All entries below are to be copied precisely as they appear.

[Collected data entries]
■ ■ ■ ■ ■ ■ ■

// What a compile replies.
use sw_text::{Fault, List, Name};
use sw_world::Saying;

/// Why a body ran.
#[derive(Clone, Copy, Debug, PartialEq, Eq)]
pub enum Cause {
    /// No run of its module is kept.
    First,
    /// None that is kept has its text.
    Text,
    /// None that is kept and has its text has its configuration.
    Config,
    /// The first question that is answered otherwise than in the kept run that goes with it the furthest is a load.
    Load,
    /// It is what a name means.
    Member,
    /// It is the value of a variable.
    Variable,
    /// It is a call of a host's function.
    Call,
}

/// The CSS of a compile, or its first fault.
#[derive(Drop)]
pub enum Outcome {
    Css(List<u8>),
    Error(Fault),
}

/// The answer to a compile: its messages in order, the modules whose bodies ran, in the order in which these ended,
/// each with its cause, and the CSS or the fault.
#[derive(Drop)]
pub struct Reply {
    pub says: List<Saying>,
    pub ran: List<(Name, Cause)>,
    pub outcome: Outcome,
}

■ ■ ■ ■ ■ ■ ■

• **Output of the exercise**:
// What a compile replies.
use sw_text::{Fault, List, Name};
use sw_world::Saying;

/// Why a body ran.
#[derive(Clone, Copy, Debug, PartialEq, Eq)]
pub enum Cause {
    /// No run of its module is kept.
    First,
    /// None that is kept has its text.
    Text,
    /// None that is kept and has its text has its configuration.
    Config,
    /// The first question that is answered otherwise than in the kept run that goes with it the furthest is a load.
    Load,
    /// It is what a name means.
    Member,
    /// It is the value of a variable.
    Variable,
    /// It is a call of a host's function.
    Call,
}

/// The CSS of a compile, or its first fault.
#[derive(Drop)]
pub enum Outcome {
    Css(List<u8>),
    Error(Fault),
}

/// The answer to a compile: its messages in order, the modules whose bodies ran, in the order in which these ended,
/// each with its cause, and the CSS or the fault.
#[derive(Drop)]
pub struct Reply {
    pub says: List<Saying>,
    pub ran: List<(Name, Cause)>,
    pub outcome: Outcome,
}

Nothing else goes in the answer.